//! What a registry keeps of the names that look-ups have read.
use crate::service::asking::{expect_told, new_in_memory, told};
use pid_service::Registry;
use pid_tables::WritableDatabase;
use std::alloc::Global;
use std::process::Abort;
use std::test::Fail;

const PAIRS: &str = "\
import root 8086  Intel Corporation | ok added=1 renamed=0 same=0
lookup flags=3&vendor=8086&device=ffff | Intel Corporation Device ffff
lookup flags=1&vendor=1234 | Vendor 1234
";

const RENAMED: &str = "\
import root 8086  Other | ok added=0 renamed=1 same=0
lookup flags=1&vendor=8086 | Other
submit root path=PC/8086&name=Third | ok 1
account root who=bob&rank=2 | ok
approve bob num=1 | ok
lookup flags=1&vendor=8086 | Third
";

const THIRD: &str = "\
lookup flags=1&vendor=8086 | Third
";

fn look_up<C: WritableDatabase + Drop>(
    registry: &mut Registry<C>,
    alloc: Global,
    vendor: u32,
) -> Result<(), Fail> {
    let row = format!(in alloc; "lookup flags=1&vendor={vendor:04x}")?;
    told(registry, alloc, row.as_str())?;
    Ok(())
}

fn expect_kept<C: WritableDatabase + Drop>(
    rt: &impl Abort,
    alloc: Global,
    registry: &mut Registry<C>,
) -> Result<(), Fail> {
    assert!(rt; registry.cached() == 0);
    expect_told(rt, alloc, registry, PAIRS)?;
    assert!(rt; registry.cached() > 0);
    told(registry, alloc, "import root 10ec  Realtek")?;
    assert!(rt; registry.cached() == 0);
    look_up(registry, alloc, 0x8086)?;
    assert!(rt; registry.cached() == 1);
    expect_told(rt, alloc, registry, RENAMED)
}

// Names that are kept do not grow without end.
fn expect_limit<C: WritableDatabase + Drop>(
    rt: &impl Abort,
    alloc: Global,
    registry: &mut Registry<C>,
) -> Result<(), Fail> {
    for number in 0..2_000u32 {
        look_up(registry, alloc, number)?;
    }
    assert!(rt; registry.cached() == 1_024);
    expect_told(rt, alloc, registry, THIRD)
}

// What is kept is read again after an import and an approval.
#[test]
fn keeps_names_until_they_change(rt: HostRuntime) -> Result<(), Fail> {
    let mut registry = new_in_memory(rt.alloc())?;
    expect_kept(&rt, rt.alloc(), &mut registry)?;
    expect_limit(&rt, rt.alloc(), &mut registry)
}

+++

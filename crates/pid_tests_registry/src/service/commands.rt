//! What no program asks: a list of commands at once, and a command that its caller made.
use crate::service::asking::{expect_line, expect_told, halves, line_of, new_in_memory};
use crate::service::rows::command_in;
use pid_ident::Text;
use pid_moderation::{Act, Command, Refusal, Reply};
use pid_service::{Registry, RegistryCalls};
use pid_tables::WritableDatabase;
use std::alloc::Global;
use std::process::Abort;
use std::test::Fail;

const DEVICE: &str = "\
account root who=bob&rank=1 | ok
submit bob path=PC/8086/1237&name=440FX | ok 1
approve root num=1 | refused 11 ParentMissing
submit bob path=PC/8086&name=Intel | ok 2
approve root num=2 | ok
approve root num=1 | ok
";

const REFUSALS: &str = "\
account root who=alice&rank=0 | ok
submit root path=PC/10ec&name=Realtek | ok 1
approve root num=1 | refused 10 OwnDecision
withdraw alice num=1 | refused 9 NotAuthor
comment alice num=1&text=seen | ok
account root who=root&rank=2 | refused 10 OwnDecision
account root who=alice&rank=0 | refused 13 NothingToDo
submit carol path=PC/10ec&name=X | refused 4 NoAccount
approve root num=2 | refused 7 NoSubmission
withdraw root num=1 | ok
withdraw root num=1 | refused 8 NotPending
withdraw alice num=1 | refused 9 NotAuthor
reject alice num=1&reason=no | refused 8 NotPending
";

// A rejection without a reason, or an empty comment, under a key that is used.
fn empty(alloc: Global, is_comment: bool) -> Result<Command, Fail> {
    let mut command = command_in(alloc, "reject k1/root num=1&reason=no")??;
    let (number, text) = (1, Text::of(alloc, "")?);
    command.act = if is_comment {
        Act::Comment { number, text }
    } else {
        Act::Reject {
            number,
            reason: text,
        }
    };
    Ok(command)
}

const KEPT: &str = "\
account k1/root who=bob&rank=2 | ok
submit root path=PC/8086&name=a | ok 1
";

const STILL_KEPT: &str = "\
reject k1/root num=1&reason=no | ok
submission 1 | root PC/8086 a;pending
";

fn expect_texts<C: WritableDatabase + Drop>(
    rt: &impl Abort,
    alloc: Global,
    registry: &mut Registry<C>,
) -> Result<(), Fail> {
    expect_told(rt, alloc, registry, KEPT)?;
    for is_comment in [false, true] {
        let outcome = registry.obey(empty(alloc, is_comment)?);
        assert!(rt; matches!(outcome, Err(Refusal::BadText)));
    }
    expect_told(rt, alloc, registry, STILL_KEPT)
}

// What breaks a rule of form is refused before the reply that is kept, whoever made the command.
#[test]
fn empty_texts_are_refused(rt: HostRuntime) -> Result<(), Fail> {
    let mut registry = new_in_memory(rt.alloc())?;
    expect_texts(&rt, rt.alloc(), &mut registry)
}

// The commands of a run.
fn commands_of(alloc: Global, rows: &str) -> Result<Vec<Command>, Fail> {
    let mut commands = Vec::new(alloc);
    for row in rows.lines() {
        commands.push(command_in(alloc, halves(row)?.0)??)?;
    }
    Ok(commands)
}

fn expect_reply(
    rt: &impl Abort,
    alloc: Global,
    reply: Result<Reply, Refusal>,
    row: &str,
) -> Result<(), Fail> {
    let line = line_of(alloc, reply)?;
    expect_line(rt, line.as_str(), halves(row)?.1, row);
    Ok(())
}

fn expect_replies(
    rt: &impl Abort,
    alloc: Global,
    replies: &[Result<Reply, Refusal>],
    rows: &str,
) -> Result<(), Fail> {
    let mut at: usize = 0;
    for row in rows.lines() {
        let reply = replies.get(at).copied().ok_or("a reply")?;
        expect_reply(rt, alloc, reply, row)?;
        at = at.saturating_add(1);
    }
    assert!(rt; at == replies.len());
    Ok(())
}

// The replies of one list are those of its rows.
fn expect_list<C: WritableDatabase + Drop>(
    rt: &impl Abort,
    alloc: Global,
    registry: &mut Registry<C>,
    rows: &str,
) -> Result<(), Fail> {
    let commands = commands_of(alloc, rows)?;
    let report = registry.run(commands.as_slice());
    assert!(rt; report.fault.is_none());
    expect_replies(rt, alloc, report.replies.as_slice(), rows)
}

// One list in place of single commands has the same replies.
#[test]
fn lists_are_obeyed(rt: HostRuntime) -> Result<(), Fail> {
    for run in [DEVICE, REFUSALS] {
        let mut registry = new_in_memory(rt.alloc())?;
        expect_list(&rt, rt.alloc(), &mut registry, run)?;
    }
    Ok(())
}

+++

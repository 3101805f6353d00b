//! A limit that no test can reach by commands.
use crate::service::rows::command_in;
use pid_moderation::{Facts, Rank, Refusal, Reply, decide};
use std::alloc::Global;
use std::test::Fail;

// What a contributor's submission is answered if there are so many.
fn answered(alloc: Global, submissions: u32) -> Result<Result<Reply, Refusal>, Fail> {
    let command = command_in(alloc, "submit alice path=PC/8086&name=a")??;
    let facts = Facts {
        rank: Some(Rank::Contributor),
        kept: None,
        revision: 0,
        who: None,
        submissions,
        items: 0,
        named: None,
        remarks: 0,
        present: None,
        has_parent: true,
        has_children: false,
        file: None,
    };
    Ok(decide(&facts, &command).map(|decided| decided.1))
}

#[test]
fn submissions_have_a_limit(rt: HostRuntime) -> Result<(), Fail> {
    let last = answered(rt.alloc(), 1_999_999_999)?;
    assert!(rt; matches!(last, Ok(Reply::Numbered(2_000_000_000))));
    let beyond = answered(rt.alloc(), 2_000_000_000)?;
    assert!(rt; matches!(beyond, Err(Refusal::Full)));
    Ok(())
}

+++

• PROBLEM TO SOLVE
The word to find is "const". Copy every line of the records that holds it.

• ANSWER TO THIS EXERCISE
const PAIRS: &str = "\
const RENAMED: &str = "\
const THIRD: &str = "\
const DEVICE: &str = "\
const REFUSALS: &str = "\
const KEPT: &str = "\
const STILL_KEPT: &str = "\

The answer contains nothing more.